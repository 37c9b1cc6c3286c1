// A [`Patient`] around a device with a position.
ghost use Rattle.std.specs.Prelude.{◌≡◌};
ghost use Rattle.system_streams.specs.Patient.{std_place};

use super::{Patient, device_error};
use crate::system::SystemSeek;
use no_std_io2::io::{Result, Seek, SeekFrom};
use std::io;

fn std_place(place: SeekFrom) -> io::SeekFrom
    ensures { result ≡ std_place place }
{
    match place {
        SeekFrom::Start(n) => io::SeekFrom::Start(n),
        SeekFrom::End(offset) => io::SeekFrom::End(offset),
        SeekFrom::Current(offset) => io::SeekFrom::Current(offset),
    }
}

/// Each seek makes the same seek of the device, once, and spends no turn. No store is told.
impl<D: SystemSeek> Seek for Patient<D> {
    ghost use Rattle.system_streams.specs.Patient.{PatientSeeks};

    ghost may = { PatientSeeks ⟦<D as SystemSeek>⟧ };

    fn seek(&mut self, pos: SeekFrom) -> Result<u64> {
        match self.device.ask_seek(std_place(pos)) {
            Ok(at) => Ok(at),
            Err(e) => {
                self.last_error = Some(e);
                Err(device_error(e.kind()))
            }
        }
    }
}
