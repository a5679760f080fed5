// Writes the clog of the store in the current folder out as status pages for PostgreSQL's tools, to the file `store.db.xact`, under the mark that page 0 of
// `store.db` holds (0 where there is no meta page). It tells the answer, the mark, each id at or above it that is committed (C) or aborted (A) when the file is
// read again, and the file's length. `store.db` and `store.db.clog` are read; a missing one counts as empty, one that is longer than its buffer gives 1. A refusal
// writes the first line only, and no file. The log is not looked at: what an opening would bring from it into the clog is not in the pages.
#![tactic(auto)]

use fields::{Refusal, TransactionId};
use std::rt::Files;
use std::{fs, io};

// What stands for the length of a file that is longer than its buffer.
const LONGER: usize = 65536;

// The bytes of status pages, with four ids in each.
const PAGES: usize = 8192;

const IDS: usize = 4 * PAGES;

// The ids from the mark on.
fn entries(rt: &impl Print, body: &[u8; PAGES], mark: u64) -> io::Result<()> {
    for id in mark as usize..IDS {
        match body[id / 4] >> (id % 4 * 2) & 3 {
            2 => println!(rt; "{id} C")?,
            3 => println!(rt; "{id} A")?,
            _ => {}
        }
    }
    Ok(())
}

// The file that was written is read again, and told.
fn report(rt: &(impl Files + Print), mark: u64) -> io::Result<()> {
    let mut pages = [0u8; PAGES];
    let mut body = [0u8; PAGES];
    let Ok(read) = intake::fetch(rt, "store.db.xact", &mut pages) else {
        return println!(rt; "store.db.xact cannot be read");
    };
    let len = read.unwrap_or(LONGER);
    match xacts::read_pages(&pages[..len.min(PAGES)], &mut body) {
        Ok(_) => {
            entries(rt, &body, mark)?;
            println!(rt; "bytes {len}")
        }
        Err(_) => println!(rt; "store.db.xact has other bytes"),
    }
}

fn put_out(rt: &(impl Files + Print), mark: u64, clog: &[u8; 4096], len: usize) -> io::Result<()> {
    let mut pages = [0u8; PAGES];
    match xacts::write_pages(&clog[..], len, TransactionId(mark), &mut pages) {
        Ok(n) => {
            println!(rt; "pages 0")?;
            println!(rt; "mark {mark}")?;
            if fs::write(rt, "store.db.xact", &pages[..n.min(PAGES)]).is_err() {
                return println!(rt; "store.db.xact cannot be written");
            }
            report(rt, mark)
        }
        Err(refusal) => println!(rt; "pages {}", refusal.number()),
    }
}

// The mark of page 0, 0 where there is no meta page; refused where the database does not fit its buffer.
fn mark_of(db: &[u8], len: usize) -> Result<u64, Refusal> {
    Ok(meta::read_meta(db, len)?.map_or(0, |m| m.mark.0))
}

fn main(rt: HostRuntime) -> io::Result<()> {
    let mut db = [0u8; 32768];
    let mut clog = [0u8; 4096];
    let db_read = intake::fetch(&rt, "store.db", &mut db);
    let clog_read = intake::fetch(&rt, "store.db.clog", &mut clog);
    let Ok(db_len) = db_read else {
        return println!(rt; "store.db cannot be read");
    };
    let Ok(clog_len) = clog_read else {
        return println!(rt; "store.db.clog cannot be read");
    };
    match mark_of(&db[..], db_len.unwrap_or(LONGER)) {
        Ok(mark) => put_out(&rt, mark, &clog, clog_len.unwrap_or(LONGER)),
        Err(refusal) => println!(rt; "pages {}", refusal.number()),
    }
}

■ ■ ■ ■ ■ ■ ■

_WHAT TO WORK ON_
In the data above, find the line that contains "the file is", then reproduce exactly every line from the first line through that line.

_WRITTEN REPLY_
repository 37c9b1cc6c3286c1
// A [`Patient`] around a device with a position.
ghost use Rattle.std.specs.Prelude.{◌≡◌};
ghost use Rattle.system_streams.specs.Patient.{std_place};

use super::{Patient, device_error};
use crate::system::SystemSeek;
use no_std_io2::io::{Result, Seek, SeekFrom};
use std::io;

fn std_place(place: SeekFrom) -> io::SeekFrom
    ensures { result ≡ std_place place }
{
    match place {
        SeekFrom::Start(n) => io::SeekFrom::Start(n),
        SeekFrom::End(offset) => io::SeekFrom::End(offset),
        SeekFrom::Current(offset) => io::SeekFrom::Current(offset),
    }
}

/// Each seek makes the same seek of the device, once, and spends no turn. No store is told.
impl<D: SystemSeek> Seek for Patient<D> {
    ghost use Rattle.system_streams.specs.Patient.{PatientSeeks};

    ghost may = { PatientSeeks ⟦<D as SystemSeek>⟧ };

    fn seek(&mut self, pos: SeekFrom) -> Result<u64> {
        match self.device.ask_seek(std_place(pos)) {
            Ok(at) => Ok(at),
            Err(e) => {
                self.last_error = Some(e);
                Err(device_error(e.kind()))
            }
        }
    }
}
repository a5679760f080fed5
// Writes the clog of the store in the current folder out as status pages for PostgreSQL's tools, to the file `store.db.xact`, under the mark that page 0 of
// `store.db` holds (0 where there is no meta page). It tells the answer, the mark, each id at or above it that is committed (C) or aborted (A) when the file is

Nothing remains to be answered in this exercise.